» **Data provided**
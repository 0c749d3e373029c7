ghost use Rattle.std.specs.Prelude.{◌≡◌, ◌<◌, ◌≤◌, ◌+◌, ◌*◌, ℕ, length, IfSome, IfNone, false};
ghost use Rattle.pre_bound.specs.Limits.{limit};
ghost use Rattle.pre_bound.specs.Good.{AtPorts};
ghost use Rattle.pre_bound.specs.Passing.{ticks_before};
ghost use Rattle.pre_certify.specs.Loads.{NoOverload};
ghost use Rattle.pre_certify.specs.Tables.{delays_in, AreWithin};
ghost use Rattle.pre_rounds.specs.Rounds.{port_over};
ghost use Rattle.pre_rounds.specs.Passing.{passes_over, need_over, is_short};
ghost use Rattle.pre_rounds.specs.Settling.{IsFirstPort};
ghost use Rattle.pre_rounds.specs.Causes.{NoneWide, FirstWide};
ghost use Rattle.pre_rounds.specs.Routed.{AreShort};
ghost use Rattle.pre_rounds.specs.Tables.{bursts_in};

use crate::ports::port_over;
use pre_base::{ArcId, Prio, StreamId};
use pre_bound::PortRow;
use pre_certify::{has_port, ring_at, ticks_before};
use pre_streams::Row;
use pre_topo::Network;

/// The first hop of the row up to which the ticks of its route pass the limit.
fn first_wide_hop(net: &Network, delays: &[u64], row: &Row) -> Option<usize>
    requires { AreWithin delays.now }
    ensures some { IfSome result (λ hop. (hop < length row.now.arcs) × (limit < ticks_before net.now (delays_in delays.now) row.now (hop + 1))) }
    ensures first { IfSome result (λ hop. (earlier : ℕ) → earlier < hop → ticks_before net.now (delays_in delays.now) row.now (earlier + 1) ≤ limit) }
    ensures none { IfNone result (ticks_before net.now (delays_in delays.now) row.now (length row.now.arcs) ≤ limit) }
{
    for hop in 0..row.arcs.len() {
        if ticks_before(net, delays, row, hop + 1).is_none() {
            return Some(hop);
        }
    }
    None
}

/// The first stream whose bound passes the limit, and the first hop up to which the ticks of its route do.
pub(crate) fn first_wide(net: &Network, rows: &[Row], delays: &[u64]) -> Option<(StreamId, u64)>
    requires few { length rows.now ≤ 512 }
    requires within { AreWithin delays.now }
    ensures some { IfSome result (λ e. FirstWide net.now rows.now (delays_in delays.now) e.0.0 e.1) }
    ensures none { IfNone result (NoneWide net.now rows.now (delays_in delays.now)) }
{
    for (stream, row) in rows.iter().enumerate() {
        if row.curve.is_some() {
            if let Some(hop) = first_wide_hop(net, delays, row) {
                return Some((StreamId(stream as u16), hop as u64));
            }
        }
    }
    None
}

/// The row of a port, at which no number passes the limit.
pub(crate) fn settled_row(
    net: &Network,
    rows: &[Row],
    bursts: &[u64],
    arc: ArcId,
    prio: u8,
) -> PortRow
    requires few { length rows.now ≤ 512 }
    requires short { AreShort rows.now }
    requires load { NoOverload net.now rows.now }
    requires within { AreWithin bursts.now }
    requires prio { prio < 8 }
    requires arc { arc.0 < length net.now.arcs }
    requires small { passes_over net.now rows.now (bursts_in bursts.now) arc.0 prio ≡ false }
    ensures { result ≡ port_over net.now rows.now (bursts_in bursts.now) arc.0 prio }
{
    match port_over(net, rows, bursts, arc, prio) {
        Some(row) => row,
        None => PortRow {
            arc,
            prio: Prio(prio),
            block: 0,
            work: 0,
            rate: 0,
            delay: 0,
            size: 0,
        },
    }
}

/// A port whose ring has too little room.
#[derive(Clone, Copy, Debug)]
pub(crate) struct Short {
    pub(crate) arc: ArcId,
    pub(crate) prio: Prio,
    /// The frames that the ring needs room for.
    pub(crate) need: u64,
}

/// The first port whose ring has too little room.
pub(crate) fn first_short(net: &Network, rows: &[Row], bursts: &[u64]) -> Option<Short>
    requires few { length rows.now ≤ 512 }
    requires short { AreShort rows.now }
    requires load { NoOverload net.now rows.now }
    requires within { AreWithin bursts.now }
    requires small { AtPorts net.now rows.now (λ arc prio. passes_over net.now rows.now (bursts_in bursts.now) arc prio ≡ false) }
    ensures some { IfSome result (λ e. IsFirstPort net.now rows.now (is_short net.now rows.now (bursts_in bursts.now)) e.arc.0 e.prio) }
    ensures need { IfSome result (λ e. e.need ≡ need_over net.now rows.now (bursts_in bursts.now) e.arc.0 e.prio) }
    ensures none { IfNone result (AtPorts net.now rows.now (λ arc prio. is_short net.now rows.now (bursts_in bursts.now) arc prio ≡ false)) }
{
    for place in 0..net.arcs.len() * 8 {
        let arc = ArcId((place / 8) as u16);
        let prio = (place % 8) as u8;
        if has_port(rows, arc, prio) {
            let need = settled_row(net, rows, bursts, arc, prio).size / 84;
            if need > ring_at(net, arc, prio) {
                return Some(Short {
                    arc,
                    prio: Prio(prio),
                    need,
                });
            }
        }
    }
    None
}
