//! Certificates without ranks: bursts and delays are found round by round, so streams may go round in a cycle.
#![tactic(auto)]

mod bounds;
mod faults;
mod maker;
mod ports;
mod rows;
mod settle;
mod tables;

pub use faults::RoundsFault;
pub use maker::rounds;

#[cfg(test)]
mod tests {
    use super::*;
    use pre_base::MemorySink;
    use pre_certify::put_certificate;
    use pre_streams::read_streams;
    use pre_topo::read_network;
    use std::alloc::Global;
    use std::test::Fail;

    /// Three bridges in a ring, with a station at each.
    const RING: &str = r#"express_from = 4
node = [
    {name = "p", kind = "bridge"},
    {name = "q", kind = "bridge"},
    {name = "r", kind = "bridge"},
    {name = "s", kind = "station"},
    {name = "t", kind = "station"},
    {name = "u", kind = "station"},
]
link = [
    {ends = ["p", "q"], cost = 1, mode = "on", rings = [64, 64, 64, 64, 64, 64, 64, 64]},
    {ends = ["q", "r"], cost = 1, mode = "on", rings = [64, 64, 64, 64, 64, 64, 64, 64]},
    {ends = ["r", "p"], cost = 1, mode = "on", rings = [64, 64, 64, 64, 64, 64, 64, 64]},
    {ends = ["s", "p"], cost = 1, mode = "on", rings = [64, 64, 64, 64, 64, 64, 64, 64]},
    {ends = ["t", "q"], cost = 1, mode = "on", rings = [64, 64, 64, 64, 64, 64, 64, 64]},
    {ends = ["u", "r"], cost = 1, mode = "on", rings = [64, 64, 64, 64, 64, 64, 64, 64]},
]
"#;

    /// Three streams, each over two links of the ring.
    const ROUND: &str = r#"stream = [
    {name = "c1", vid = 1, prio = 6, route = ["s", "p", "q", "r", "u"], max = 64, burst = 84, rate = 1000},
    {name = "c2", vid = 2, prio = 6, route = ["t", "q", "r", "p", "s"], max = 64, burst = 84, rate = 1000},
    {name = "c3", vid = 3, prio = 6, route = ["u", "r", "p", "q", "t"], max = 64, burst = 84, rate = 1000},
]
"#;

    /// A burst of 84 octets grows by one at each hop.
    const CERTIFICATE: &str = "certificate 3
arc p>q 0
arc q>r 0
arc r>p 0
arc s>p 0
arc p>s 0
arc t>q 0
arc q>t 0
arc u>r 0
arc r>u 0
port p>q 6 84 171 0 255 171
port q>r 6 84 171 0 255 171
port r>p 6 84 171 0 255 171
port s>p 6 84 84 0 168 84
port p>s 6 84 87 0 171 87
port t>q 6 84 84 0 168 84
port q>t 6 84 87 0 171 87
port u>r 6 84 84 0 168 84
port r>u 6 84 87 0 171 87
hop c1 0 84
hop c1 1 85
hop c1 2 86
hop c1 3 87
hop c2 0 84
hop c2 1 85
hop c2 2 86
hop c2 3 87
hop c3 0 84
hop c3 1 85
hop c3 2 86
hop c3 3 87
bound c1 801
bound c2 801
bound c3 801
end
";

    /// Five bridges in a ring, with a station at each.
    const RING_OF_FIVE: &str = r#"express_from = 4
node = [
    {name = "g0", kind = "bridge"},
    {name = "g1", kind = "bridge"},
    {name = "g2", kind = "bridge"},
    {name = "g3", kind = "bridge"},
    {name = "g4", kind = "bridge"},
    {name = "h0", kind = "station"},
    {name = "h1", kind = "station"},
    {name = "h2", kind = "station"},
    {name = "h3", kind = "station"},
    {name = "h4", kind = "station"},
]
link = [
    {ends = ["g0", "g1"], cost = 1, mode = "on", rings = [64, 64, 64, 64, 64, 64, 64, 64]},
    {ends = ["g1", "g2"], cost = 1, mode = "on", rings = [64, 64, 64, 64, 64, 64, 64, 64]},
    {ends = ["g2", "g3"], cost = 1, mode = "on", rings = [64, 64, 64, 64, 64, 64, 64, 64]},
    {ends = ["g3", "g4"], cost = 1, mode = "on", rings = [64, 64, 64, 64, 64, 64, 64, 64]},
    {ends = ["g4", "g0"], cost = 1, mode = "on", rings = [64, 64, 64, 64, 64, 64, 64, 64]},
    {ends = ["h0", "g0"], cost = 1, mode = "on", rings = [64, 64, 64, 64, 64, 64, 64, 64]},
    {ends = ["h1", "g1"], cost = 1, mode = "on", rings = [64, 64, 64, 64, 64, 64, 64, 64]},
    {ends = ["h2", "g2"], cost = 1, mode = "on", rings = [64, 64, 64, 64, 64, 64, 64, 64]},
    {ends = ["h3", "g3"], cost = 1, mode = "on", rings = [64, 64, 64, 64, 64, 64, 64, 64]},
    {ends = ["h4", "g4"], cost = 1, mode = "on", rings = [64, 64, 64, 64, 64, 64, 64, 64]},
]
"#;

    /// Five streams, each over four links of the ring.
    const ROUND_OF_FIVE: &str = r#"stream = [
    {name = "c0", vid = 1, prio = 6, route = ["h0", "g0", "g1", "g2", "g3", "g4", "h4"], max = 64, burst = 84, rate = 200000},
    {name = "c1", vid = 2, prio = 6, route = ["h1", "g1", "g2", "g3", "g4", "g0", "h0"], max = 64, burst = 84, rate = 200000},
    {name = "c2", vid = 3, prio = 6, route = ["h2", "g2", "g3", "g4", "g0", "g1", "h1"], max = 64, burst = 84, rate = 200000},
    {name = "c3", vid = 4, prio = 6, route = ["h3", "g3", "g4", "g0", "g1", "g2", "h2"], max = 64, burst = 84, rate = 200000},
    {name = "c4", vid = 5, prio = 6, route = ["h4", "g4", "g0", "g1", "g2", "g3", "h3"], max = 64, burst = 84, rate = 200000},
]
"#;

    /// The rounds of the streams of two texts, the certificate written.
    fn rounds_of(
        alloc: Global,
        net: &str,
        streams: &str,
        sink: &mut MemorySink,
    ) -> Result<(), RoundsFault> {
        let Ok(net) = read_network(alloc, net.as_bytes()) else {
            return Err(RoundsFault::Memory);
        };
        let Ok(streams) = read_streams(alloc, streams.as_bytes(), &net) else {
            return Err(RoundsFault::Memory);
        };
        let certificate = rounds(alloc, &net, &streams)?;
        match put_certificate(&certificate, &net, &streams, sink) {
            Ok(()) => Ok(()),
            Err(_failed) => Err(RoundsFault::Memory),
        }
    }

    #[test]
    fn three_in_a_ring(rt: HostRuntime) -> Result<(), Fail> {
        let mut sink = MemorySink::make(rt.alloc(), 2000, 100, &[])?;
        assert!(rt; rounds_of(rt.alloc(), RING, ROUND, &mut sink).is_ok());
        assert_eq!(rt; sink.octets(), CERTIFICATE.as_bytes());
        Ok(())
    }

    /// The arc and the priority at which a number passes 10^12, where one does.
    fn large_at(fault: &RoundsFault) -> Option<(u16, u8)> {
        match fault {
            RoundsFault::Large { arc, prio } => Some((arc.0, prio.number())),
            _ => None,
        }
    }

    // Each stream takes a fifth of the time of its links, and bursts grow from round to round.
    #[test]
    fn five_in_a_ring(rt: HostRuntime) -> Result<(), Fail> {
        let mut sink = MemorySink::make(rt.alloc(), 2000, 100, &[])?;
        let Err(fault) = rounds_of(rt.alloc(), RING_OF_FIVE, ROUND_OF_FIVE, &mut sink) else {
            assert!(rt; false);
            return Ok(());
        };
        assert_eq!(rt; large_at(&fault), Some((0, 6)));
        Ok(())
    }
}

» **Assignment**
Lines with "HostRuntime": copy every one of them from the listing above.

» **Exercise result**
    fn three_in_a_ring(rt: HostRuntime) -> Result<(), Fail> {
    fn five_in_a_ring(rt: HostRuntime) -> Result<(), Fail> {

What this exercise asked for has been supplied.